WHAT IS EXPECTED: Go through the following data and transcribe exactly the stretch of lines from the one holding "block[i] = rows[i % k][i / k];" to the one holding "Whole rows of K chips, cell by cell.", both included.

Entries taken from a collection
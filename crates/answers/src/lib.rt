// The answers of a load: refused, or accepted.
#![tactic(auto)]

ghost use Rattle.std.specs.Prelude.{◌≡◌};
ghost use Rattle.window.specs.Plans.{refusal};
ghost use Rattle.window.specs.Plans.Outcome.{refused};
ghost use Rattle.text.specs.Load.{load_answer};

use window::{Entry, Header, Loaded, Refusal};

// The answer of a load that is refused.
pub fn refused_answer(refusal: Refusal) -> Loaded
    ensures { result ≡ load_answer (refused refusal) }
{
    Loaded {
        refusal,
        header: window::no_header(),
        entry: None,
        records: 0,
        cells: 0,
    }
}

// The answer of a load that is accepted.
pub fn accepted_answer(header: Header, entry: Entry, records: usize, cells: usize) -> Loaded
    ensures { result ≡ record { refusal = refusal 0 0 0; header = header; entry = entry; records = records; cells = cells } }
{
    Loaded {
        refusal: window::refuse(0, 0, 0),
        header,
        entry,
        records,
        cells,
    }
}
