// Rows of sixteen cells, one a memory chip, as a block: cell by cell, as the image has them. Whole rows go by columns of two or four cells:
// so the compiler takes sixteen at once.
#![tactic(auto)]

ghost use Rattle.std.specs.Prelude.{◌≡◌, [], ◌∷◌, ◌+◌, ◌≤◌, ◌<◌, length};
ghost use Rattle.chips.specs.Promises.{Count};
ghost use Rattle.blocks.specs.Blocks.{RowAt, RowsAt, Reach, BlockOf, ColumnOf};

// A row has so many cells of each chip.
const ROW: usize = 16;

// A block has the cells of a row of each of four chips.
const BLOCK: usize = 64;

// A chip's cells from `at` on, in a row of so many.
fn row_at(cells: &[u8], at: usize, size: usize) -> [u8; ROW]
    requires { (size ≤ 16) × (at + size ≤ length cells.now) }
    ensures { RowAt at size cells.now result }
{
    let mut row = [0; ROW];
    let to = at + size;
    row[..size].copy_from_slice(&cells[at..to]);
    row
}

// One row a chip.
fn rows_sized(
    first: &[u8],
    second: &[u8],
    third: &[u8],
    fourth: &[u8],
    k: usize,
    at: usize,
    size: usize,
) -> [[u8; ROW]; 4]
    requires { (size ≤ 16) × Count k × Reach k (at + size) (first.now ∷ second.now ∷ third.now ∷ fourth.now ∷ []) }
    ensures { RowsAt k at size (first.now ∷ second.now ∷ third.now ∷ fourth.now ∷ []) result }
{
    let mut rows = [[0; ROW]; 4];
    rows[0] = row_at(first, at, size);
    rows[1] = row_at(second, at, size);
    if k == 2 {
        return rows;
    }
    rows[2] = row_at(third, at, size);
    rows[3] = row_at(fourth, at, size);
    rows
}

// The same. Whole rows of two and of four chips are named by their sizes, so that the compiler copies each at once.
pub fn rows_at(
    first: &[u8],
    second: &[u8],
    third: &[u8],
    fourth: &[u8],
    k: usize,
    at: usize,
    size: usize,
) -> [[u8; ROW]; 4]
    requires { (size ≤ 16) × Count k × Reach k (at + size) (first.now ∷ second.now ∷ third.now ∷ fourth.now ∷ []) }
    ensures { RowsAt k at size (first.now ∷ second.now ∷ third.now ∷ fourth.now ∷ []) result }
{
    match (size, k) {
        (ROW, 2) => rows_sized(first, second, third, fourth, 2, at, ROW),
        (ROW, 4) => rows_sized(first, second, third, fourth, 4, at, ROW),
        _ => rows_sized(first, second, third, fourth, k, at, size),
    }
}

// Short rows of k chips, cell by cell.
fn short_block(rows: &[[u8; ROW]; 4], k: usize, size: usize) -> [u8; BLOCK]
    requires { (size ≤ 16) × (0 < k) × (k ≤ 4) }
    ensures { (length result ≡ 64) × BlockOf k size rows.now result }
{
    let mut block = [0; BLOCK];
    for i in 0..k * size {
        block[i] = rows[i % k][i / k];
    }
    block
}

// Cell i of each row.
fn column(rows: &[[u8; ROW]; 4], i: usize) -> [u8; 4]
    requires { i < 16 }
    ensures { (length result ≡ 4) × ColumnOf i rows.now result }
{
    [rows[0][i], rows[1][i], rows[2][i], rows[3][i]]
}

// Whole rows of K chips, cell by cell.
fn whole_block<const K: usize>(rows: &[[u8; ROW]; 4]) -> [u8; BLOCK]
    requires { K ≤ 4 }
    ensures { (length result ≡ 64) × BlockOf K 16 rows.now result }
{
    let mut block = [0; BLOCK];
    for i in 0..ROW {
        block[K * i..K * (i + 1)].copy_from_slice(&column(rows, i)[..K]);
    }
    block
}

// The rows of k chips, cell by cell: of the cells, and of their flags. Both in one call, which is faster.
pub fn blocks_of(
    cells: &[[u8; ROW]; 4],
    flags: &[[u8; ROW]; 4],
    k: usize,
    size: usize,
) -> ([u8; BLOCK], [u8; BLOCK])
    requires { (size ≤ 16) × Count k }
    ensures { ((length result.0 ≡ 64) × BlockOf k size cells.now result.0) × ((length result.1 ≡ 64) × BlockOf k size flags.now result.1) }
{
    match (size, k) {
        (ROW, 2) => (whole_block::<2>(cells), whole_block::<2>(flags)),
        (ROW, 4) => (whole_block::<4>(cells), whole_block::<4>(flags)),
        _ => (short_block(cells, k, size), short_block(flags, k, size)),
    }
}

RESULT FOR THIS TASK:
        block[i] = rows[i % k][i / k];
    }
    block
}

// Cell i of each row.
fn column(rows: &[[u8; ROW]; 4], i: usize) -> [u8; 4]
    requires { i < 16 }
    ensures { (length result ≡ 4) × ColumnOf i rows.now result }
{
    [rows[0][i], rows[1][i], rows[2][i], rows[3][i]]
}

// Whole rows of K chips, cell by cell.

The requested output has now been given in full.